** Opening Study material block **

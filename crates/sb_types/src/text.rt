//! Names, keys, prefixes and short texts.

ghost use Rattle.std.specs.Prelude.{◌≡◌, ℕ, List, true, if◌then◌else◌, Ok, Err};
ghost use Rattle.std.specs.List.{list_all};
ghost use Rattle.std.specs.Ordering.{nat_cmp, is_le};
ghost use Rattle.std.specs.Cmp.Lexicographic.{slice_cmp};
ghost use Rattle.std.specs.BTreeMap.Range.{is_from_start};
ghost use Rattle.sb_types.specs.Text.{is_name_byte, is_key_byte, is_name, is_key, is_prefix, is_short_text};

use crate::fault::Fault;
use crate::inline::InlineText;
use crate::limits::{KEY_MOST, NAME_MOST, SHORT_TEXT_MOST};
use crate::value::test_utf8;
use std::marker::Model;
use std::ops::Bound;

fn test_name_byte(byte: u8) -> bool
    ensures { result ≡ is_name_byte byte }
{
    matches!(byte, b'a'..=b'z' | b'0'..=b'9' | b'-')
}

fn test_key_byte(byte: u8) -> bool
    ensures { result ≡ is_key_byte byte }
{
    matches!(byte, b'a'..=b'z' | b'0'..=b'9' | b'.' | b'_' | b'/' | b'-')
}

fn has_name_bytes(text: &[u8]) -> bool
    ensures { result ≡ list_all is_name_byte text.now }
{
    text.iter().all(|byte| test_name_byte(*byte))
}

fn has_key_bytes(text: &[u8]) -> bool
    ensures { result ≡ list_all is_key_byte text.now }
{
    text.iter().all(|byte| test_key_byte(*byte))
}

/// A name of 1 to 32 of the bytes `a-z`, `0-9` and `-`. It names a cluster, or a node, which is also the owner of the
/// writes that it makes. Names are ordered by their bytes.
///
/// ```
/// let name = Name::read(b"node-7")?;
/// assert_eq!(rt; name.bytes(), b"node-7".as_slice());
/// assert!(rt; matches!(Name::read(b"Node 7"), Err(Fault::BadName)));
/// ```
///
/// The test `example_of_names` runs these lines.
#[derive(Clone, Copy, Debug, PartialEq, Eq, PartialOrd, Ord)]
pub struct Name {
    text: InlineText<NAME_MOST>,
}

impl Model for Name {
    ghost use Rattle.std.specs.Prelude.{◌≡◌, ℕ, List, true};
    ghost use Rattle.sb_types.specs.Text.{is_name};

    ghost Value = { List ℕ };

    ghost view = { λ name. name.text };

    ghost invariant = { λ name. is_name name.text ≡ true };

    ghost inverse = { λ text. record { text = text } };
}

impl Name {
    /// Reads a name. Returns `BadName` if the text is not a name.
    pub fn read(text: &[u8]) -> Result<Name, Fault>
        ensures { result ≡ (if is_name text.now then Ok text.now else Err Fault.BadName) }
    {
        if text.is_empty() || text.len() > NAME_MOST || !has_name_bytes(text) {
            return Err(Fault::BadName);
        }
        Ok(Name {
            text: InlineText::new(text),
        })
    }

    /// Returns the bytes of the name.
    pub fn bytes(&self) -> &[u8]
        ensures text { result.now ≡ self.now }
        ensures name { is_name self.now ≡ true }
    {
        self.text.bytes()
    }
}

/// A key, under which an owner keeps a value: 1 to 64 of the bytes `a-z`, `0-9`, `.`, `_`, `/` and `-`. Keys are
/// ordered by their bytes.
#[derive(Clone, Copy, Debug, PartialEq, Eq, PartialOrd, Ord)]
pub struct Key {
    text: InlineText<KEY_MOST>,
}

impl Model for Key {
    ghost use Rattle.std.specs.Prelude.{◌≡◌, ℕ, List, true};
    ghost use Rattle.sb_types.specs.Text.{is_key};

    ghost Value = { List ℕ };

    ghost view = { λ key. key.text };

    ghost invariant = { λ key. is_key key.text ≡ true };

    ghost inverse = { λ text. record { text = text } };
}

impl Key {
    /// Reads a key. Returns `BadKey` if the text is not a key.
    pub fn read(text: &[u8]) -> Result<Key, Fault>
        ensures { result ≡ (if is_key text.now then Ok text.now else Err Fault.BadKey) }
    {
        if text.is_empty() || text.len() > KEY_MOST || !has_key_bytes(text) {
            return Err(Fault::BadKey);
        }
        Ok(Key {
            text: InlineText::new(text),
        })
    }

    /// Returns the bytes of the key.
    pub fn bytes(&self) -> &[u8]
        ensures text { result.now ≡ self.now }
        ensures key { is_key self.now ≡ true }
    {
        self.text.bytes()
    }
}

/// The beginning of keys: 0 to 64 of the bytes that a key may have. Prefixes are ordered by their bytes.
#[derive(Clone, Copy, Debug, PartialEq, Eq, PartialOrd, Ord)]
pub struct Prefix {
    text: InlineText<KEY_MOST>,
}

impl Model for Prefix {
    ghost use Rattle.std.specs.Prelude.{◌≡◌, ℕ, List, true};
    ghost use Rattle.sb_types.specs.Text.{is_prefix};

    ghost Value = { List ℕ };

    ghost view = { λ prefix. prefix.text };

    ghost invariant = { λ prefix. is_prefix prefix.text ≡ true };

    ghost inverse = { λ text. record { text = text } };
}

impl Prefix {
    /// Reads a prefix. Returns `BadKey` if the text is not a prefix.
    pub fn read(text: &[u8]) -> Result<Prefix, Fault>
        ensures { result ≡ (if is_prefix text.now then Ok text.now else Err Fault.BadKey) }
    {
        if text.len() > KEY_MOST || !has_key_bytes(text) {
            return Err(Fault::BadKey);
        }
        Ok(Prefix {
            text: InlineText::new(text),
        })
    }

    /// Returns the bytes of the prefix.
    pub fn bytes(&self) -> &[u8]
        ensures text { result.now ≡ self.now }
        ensures prefix { is_prefix self.now ≡ true }
    {
        self.text.bytes()
    }

    /// Returns the bound at which a range of a map by key begins, so that it has just the keys at or after the prefix.
    pub fn start(&self) -> Bound<Key>
        ensures { (key : List ℕ) → is_from_start (slice_cmp nat_cmp) result key ≡ is_le (slice_cmp nat_cmp self.now key) }
    {
        match Key::read(self.bytes()) {
            Ok(key) => Bound::Included(key),
            Err(_) => Bound::Unbounded,
        }
    }
}

/// A short text: 1 to 128 bytes of UTF-8. A node tells its release in one, and the paths of sockets.
#[derive(Clone, Copy, Debug, PartialEq, Eq)]
pub struct ShortText {
    text: InlineText<SHORT_TEXT_MOST>,
}

impl Model for ShortText {
    ghost use Rattle.std.specs.Prelude.{◌≡◌, ℕ, List, true};
    ghost use Rattle.sb_types.specs.Text.{is_short_text};

    ghost Value = { List ℕ };

    ghost view = { λ short. short.text };

    ghost invariant = { λ short. is_short_text short.text ≡ true };

    ghost inverse = { λ text. record { text = text } };
}

impl ShortText {
    /// Reads a short text. Returns `BadValue` if it is not UTF-8 of 1 to 128 bytes.
    pub fn read(text: &[u8]) -> Result<ShortText, Fault>
        ensures { result ≡ (if is_short_text text.now then Ok text.now else Err Fault.BadValue) }
    {
        if text.is_empty() || text.len() > SHORT_TEXT_MOST || !test_utf8(text) {
            return Err(Fault::BadValue);
        }
        Ok(ShortText {
            text: InlineText::new(text),
        })
    }

    /// Returns the bytes of the text.
    pub fn bytes(&self) -> &[u8]
        ensures text { result.now ≡ self.now }
        ensures short { is_short_text self.now ≡ true }
    {
        self.text.bytes()
    }
}
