//! Settings within their limits.

ghost use Rattle.std.specs.Prelude.{◌≡◌, true, if◌then◌else◌, Ok, Err};
ghost use Rattle.sb_types.specs.Text as numbers;
ghost use Rattle.sb_types.specs.Limits.{are_settings};
ghost use Rattle.sb_types.specs.Given.{settings_from};

use crate::fault::Fault;
use crate::limits::{BUDGET_LEAST, BUDGET_MOST, SEATS_MOST, VERSION_MOST, WORKERS_MOST};
use crate::text::Name;
use std::marker::Model;

/// The order in which a delta lists what is available.
#[derive(Clone, Copy, Debug, PartialEq, Eq)]
pub enum Order {
    /// The oldest entry of every owner, then the next entry of every owner, and so on.
    Breadth,
    /// All entries of one owner before the next. The owner with the most entries comes first.
    Depth,
}

/// Settings as they were given, before any test.
#[derive(Clone, Copy, Debug)]
pub struct RawSettings<'a> {
    /// The cluster's name as unread bytes. A bad name is `BadSetting`, as any other bad setting is.
    pub cluster: &'a [u8],
    /// The greatest length of one frame in bytes, 1,024 to 65,536.
    pub budget: u64,
    /// The order in which a delta lists what is available.
    pub order: Order,
    /// The greatest version that the owner's log may assign, 1 to 2^40 - 1.
    pub max_version: u64,
    /// How many readers a directory has, 1 to 64.
    pub seats: u64,
    /// How many connections a node serves at once, 1 to 62.
    pub workers: u64,
}

/// Settings within their limits.
#[derive(Clone, Copy, Debug)]
pub struct Settings {
    cluster: Name,
    budget: u64,
    order: Order,
    max_version: u64,
    seats: u64,
    workers: u64,
}

impl Model for Settings {
    ghost use Rattle.std.specs.Prelude.{◌≡◌, true};
    ghost use Rattle.sb_types.specs.Records as records;

    ghost Value = { records.Settings };

    ghost use Rattle.sb_types.specs.Limits.{are_settings};

    ghost view = { λ s. record { cluster = s.cluster; budget = s.budget; order = s.order; max_version = s.max_version; seats = s.seats; workers = s.workers } };

    ghost invariant = { λ s. are_settings (record { cluster = s.cluster; budget = s.budget; order = s.order; max_version = s.max_version; seats = s.seats; workers = s.workers }) ≡ true };

    ghost inverse = { λ s. record { cluster = s.cluster; budget = s.budget; order = s.order; max_version = s.max_version; seats = s.seats; workers = s.workers } };
}

fn is_between(least: u64, most: u64, number: u64) -> bool
    ensures { result ≡ numbers.is_between least most number }
{
    least <= number && number <= most
}

impl Settings {
    /// Makes settings. Returns `BadSetting` if one of them is outside its limits, the cluster's name included.
    pub fn check(raw: RawSettings) -> Result<Settings, Fault>
        ensures { result ≡ (if are_settings (settings_from raw.entry) then Ok (settings_from raw.entry) else Err Fault.BadSetting) }
    {
        let Ok(cluster) = Name::read(raw.cluster) else {
            return Err(Fault::BadSetting);
        };
        if !is_between(BUDGET_LEAST, BUDGET_MOST, raw.budget)
            || !is_between(1, VERSION_MOST, raw.max_version)
            || !is_between(1, SEATS_MOST, raw.seats)
            || !is_between(1, WORKERS_MOST, raw.workers)
        {
            return Err(Fault::BadSetting);
        }
        Ok(Settings {
            cluster,
            budget: raw.budget,
            order: raw.order,
            max_version: raw.max_version,
            seats: raw.seats,
            workers: raw.workers,
        })
    }

    /// Returns the cluster's name.
    pub fn cluster(&self) -> Name
        ensures cluster { result ≡ self.now.cluster }
        ensures settings { are_settings self.now ≡ true }
    {
        self.cluster
    }

    /// Returns the greatest length of one frame in bytes, 1,024 to 65,536.
    pub fn budget(&self) -> u64
        ensures budget { result ≡ self.now.budget }
        ensures settings { are_settings self.now ≡ true }
    {
        self.budget
    }

    /// Returns the order in which a delta lists what is available.
    pub fn order(&self) -> Order
        ensures order { result ≡ self.now.order }
        ensures settings { are_settings self.now ≡ true }
    {
        self.order
    }

    /// Returns the greatest version that the owner's log may assign, 1 to 2^40 - 1.
    pub fn max_version(&self) -> u64
        ensures version { result ≡ self.now.max_version }
        ensures settings { are_settings self.now ≡ true }
    {
        self.max_version
    }

    /// Returns how many readers a directory has, 1 to 64.
    pub fn seats(&self) -> u64
        ensures seats { result ≡ self.now.seats }
        ensures settings { are_settings self.now ≡ true }
    {
        self.seats
    }

    /// Returns how many connections a node serves at once, 1 to 62.
    pub fn workers(&self) -> u64
        ensures workers { result ≡ self.now.workers }
        ensures settings { are_settings self.now ≡ true }
    {
        self.workers
    }
}
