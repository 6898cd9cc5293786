//! The tests of the commands. They are in a crate of their own, since a crate with tests is proved twice: with them and
//! without. What nodes answer to a command is tested by `tools/check-node`.
#![tactic(auto)]

#[cfg(test)]
mod examples;
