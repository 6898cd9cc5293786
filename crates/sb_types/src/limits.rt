//! The limits of the directory, each in one place.

use crate::format::HEADER_LENGTH;

/// The most bytes of a node's, an owner's or a cluster's name.
pub const NAME_MOST: usize = 32;

/// The most bytes of a key, and of a prefix of keys.
pub const KEY_MOST: usize = 64;

/// The most bytes of an address.
pub const ADDR_MOST: usize = 128;

/// The most bytes of a text.
pub const TEXT_MOST: usize = 512;

/// The most bytes of a short text: the release of a node, or the path of a socket.
pub const SHORT_TEXT_MOST: usize = 128;

/// The greatest weight, 2^63 - 1.
pub const WEIGHT_MOST: u64 = 9_223_372_036_854_775_807;

/// The most owners that a node holds, itself included.
pub const OWNERS_MOST: usize = 1_024;

/// The most keys of one owner, tombstones (the markers of removed keys) included.
pub const KEYS_MOST: usize = 4_096;

/// The most entries of one block.
pub const ENTRIES_MOST: usize = 65_535;

/// The greatest version that settings may allow, 2^40 - 1.
pub const VERSION_MOST: u64 = 1_099_511_627_775;

/// The most seats of a directory.
pub const SEATS_MOST: u64 = 64;

/// The most workers of a node.
pub const WORKERS_MOST: u64 = 62;

/// The least budget of a frame in bytes: the longest delta of one entry fits it.
pub const BUDGET_LEAST: u64 = 1_024;

/// The most bytes of a payload.
pub const PAYLOAD_MOST: u64 = 65_530;

/// The greatest budget of a frame in bytes: the longest frame fits it.
pub const BUDGET_MOST: u64 = HEADER_LENGTH + PAYLOAD_MOST;

/// The greatest number of a fault.
pub const FAULT_NUMBER_MOST: u8 = 31;
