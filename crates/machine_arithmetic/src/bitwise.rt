// Arithmetic on u32. Each records its operands for the U32 table; xor under and's opcode.
ghost use Rattle.std.specs.Prelude.{◌≡◌, ℕ, [] as Nil, ◌∷◌, ◌<◌, ◌^◌, ltb};
ghost use Rattle.machine.specs.Machine.{st};
ghost use Rattle.machine.specs.Effect.{acts, recording, u32_only, u32 as called};
ghost use Rattle.machine_effects.specs.EffectView.{u32_of, decision_of};
ghost use Rattle.machine_arithmetic.specs.U32.{IsU32};
ghost use Rattle.choices.specs.Choice.{cond};
ghost use Rattle.machine.specs.Bits.{ones_of, highest_of, both_of, either_of};
ghost use Rattle.machine.specs.Bitwise.{split_of, lt_of, and_of, xor_of, log2_floor_of, pow_of, div_mod_of, pop_count_of};

use field::base;
use machine::refusal::InstructionError;
use machine_effects::effect::{Decided, Effect, U32Call, U32Calls};
use machine_isa::few::Few;
use machine_isa::op_stack::Top;

pub fn as_u32(a: u64) -> Result<u32, InstructionError>
    ensures { IsU32 a result }
{
    u32::try_from(a).map_err(|_| InstructionError::FailedU32Conversion(a))
}

// Takes words off, puts one on, and records one call.
fn put(pops: usize, a: u64, call: U32Call) -> Decided
    ensures { decision_of result ≡ acts (recording (u32_of call ∷ Nil) pops (a ∷ Nil)) }
{
    Ok(Effect::puts_u32(pops, Few::of([a]), U32Calls::One(call)))
}

pub fn split(w: &Top) -> Decided
    ensures { decision_of result ≡ split_of w.now.words }
{
    let a = w.st(0);
    let hi = base::high(a);
    let lo = base::low(a);
    let call = U32Call::new(4, lo, hi);
    Ok(Effect::puts_u32(1, Few::of([hi, lo]), U32Calls::One(call)))
}

// Two u32 are taken off, what an operation makes of them is put on, and both are recorded.
fn of_two<F: FnOnce(u32, u32) -> u64>(w: &Top, opcode: u64, operation: F) -> Decided
    requires { F.IsAlwaysCallable operation }
    ensures { (made : ℕ) × (st w.now.words 0 < 2 ^ 32 → st w.now.words 1 < 2 ^ 32 → F.post operation (st w.now.words 0) (st w.now.words 1) made)
        × (decision_of result ≡ u32_only (st w.now.words 0) (u32_only (st w.now.words 1) (acts (recording (called opcode (st w.now.words 0) (st w.now.words 1) ∷ Nil) 2 (made ∷ Nil))))) }
{
    let a = as_u32(w.st(0))?;
    let b = as_u32(w.st(1))?;
    let call = U32Call::new(opcode, u64::from(a), u64::from(b));
    put(2, operation(a, b), call)
}

pub fn lt(w: &Top) -> Decided
    ensures { decision_of result ≡ lt_of w.now.words }
{
    of_two(
        w,
        6,
        |a: u32, b: u32| -> u64
            ensures { result ≡ cond (ltb a b) 1 0 }
        { u64::from(a < b) },
    )
}

pub fn and(w: &Top) -> Decided
    ensures { decision_of result ≡ and_of w.now.words }
{
    of_two(
        w,
        14,
        |a: u32, b: u32| -> u64
            ensures { result ≡ both_of 32 a b }
        { u64::from(a & b) },
    )
}

pub fn xor(w: &Top) -> Decided
    ensures { decision_of result ≡ xor_of w.now.words }
{
    of_two(
        w,
        14,
        |a: u32, b: u32| -> u64
            ensures { result ≡ either_of 32 a b }
        { u64::from(a ^ b) },
    )
}

// The place of the highest digit that is 1.
fn highest(a: u32) -> u64
    requires { 0 < a }
    ensures { result ≡ highest_of 31 a }
{
    u64::from(31 - a.leading_zeros())
}

pub fn log_2_floor(w: &Top) -> Decided
    ensures { decision_of result ≡ log2_floor_of w.now.words }
{
    let a = as_u32(w.st(0))?;
    if a == 0 {
        return Err(InstructionError::LogarithmOfZero.into());
    }
    put(1, highest(a), U32Call::new(12, u64::from(a), 0))
}

// The base may be any word.
pub fn pow(w: &Top) -> Decided
    ensures { decision_of result ≡ pow_of w.now.words }
{
    let b = w.st(0);
    let e = as_u32(w.st(1))?;
    let exponent = u64::from(e);
    put(2, base::mod_pow(b, exponent), U32Call::new(30, b, exponent))
}

// ST 0 is divided by ST 1; quotient and remainder come with the calls that show them.
pub fn div_mod(w: &Top) -> Decided
    ensures { decision_of result ≡ div_mod_of w.now.words }
{
    let above = w.st(0);
    let below = w.st(1);
    let n = as_u32(above)?;
    let d = as_u32(below)?;
    if d == 0 {
        return Err(InstructionError::DivisionByZero.into());
    }
    let q = u64::from(n / d);
    let r = u64::from(n % d);
    let less = U32Call::new(6, r, below);
    let whole = U32Call::new(4, above, q);
    Ok(Effect::puts_u32(2, Few::of([q, r]), U32Calls::Two(less, whole)))
}

// How many digits are 1.
fn ones(a: u32) -> u64
    ensures { result ≡ ones_of 32 a }
{
    u64::from(a.count_ones())
}

pub fn pop_count(w: &Top) -> Decided
    ensures { decision_of result ≡ pop_count_of w.now.words }
{
    let a = as_u32(w.st(0))?;
    put(1, ones(a), U32Call::new(28, u64::from(a), 0))
}
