// The same with a fee table.
#[unsafe(no_mangle)]
pub extern "C" fn triton_trace_rows_with_fees(
    registers: &mut [u64],
    answer: &mut [u64],
    budget: u64,
    opcodes: &[u64],
    arguments: &[u64],
    public: &[u64],
    secret: &[u64],
    digests: &[u64],
    op_stack: &mut [u64],
    origins: &mut [u64],
    destinations: &mut [u64],
    addresses: &mut [u64],
    values: &mut [u64],
    output: &mut [u64],
    calls: &mut [u8],
    rows: &mut [u64],
    lowest: &[u64],
    highest: &[u64],
    fees: &[u64],
) -> u64
    ensures { tabled (recorded (called result registers.new answer.new
        (memory_out op_stack origins destinations addresses values output)) calls.new) rows.new
        ≡ rows_call (priced (fee_table lowest.now highest.now fees.now)) budget registers.old answer.old
        (code_in opcodes arguments public secret digests)
        (memory_in op_stack origins destinations addresses values output) calls.old rows.old }
{
    let code = LentCode {
        opcodes,
        arguments,
        public,
        secret,
        digests,
    };
    let mut memory = LentMemory {
        op_stack,
        origins,
        destinations,
        addresses,
        values,
        output,
    };
    let fees = LentFees {
        lowest,
        highest,
        fees,
    };
    rows_call(
        registers,
        answer,
        Some(fees),
        budget,
        &code,
        &mut memory,
        calls,
        rows,
    )
}
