// The instructions of arithmetic and of bits.
#![tactic(auto)]

pub mod arithmetic;
pub mod bitwise;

** Closing Study material block **

**Problem**
Of the lines above, retype only those from the line containing "(if is_key text.now" through the line containing "λ prefix. prefix.text", including both, exactly.

**Solution**
        ensures { result ≡ (if is_key text.now then Ok text.now else Err Fault.BadKey) }
    {
        if text.is_empty() || text.len() > KEY_MOST || !has_key_bytes(text) {
            return Err(Fault::BadKey);
        }
        Ok(Key {
            text: InlineText::new(text),
        })
    }

    /// Returns the bytes of the key.
    pub fn bytes(&self) -> &[u8]
        ensures text { result.now ≡ self.now }
        ensures key { is_key self.now ≡ true }
    {
        self.text.bytes()
    }
}

/// The beginning of keys: 0 to 64 of the bytes that a key may have. Prefixes are ordered by their bytes.
#[derive(Clone, Copy, Debug, PartialEq, Eq, PartialOrd, Ord)]
pub struct Prefix {
    text: InlineText<KEY_MOST>,
}

impl Model for Prefix {
    ghost use Rattle.std.specs.Prelude.{◌≡◌, ℕ, List, true};
    ghost use Rattle.sb_types.specs.Text.{is_prefix};

    ghost Value = { List ℕ };

    ghost view = { λ prefix. prefix.text };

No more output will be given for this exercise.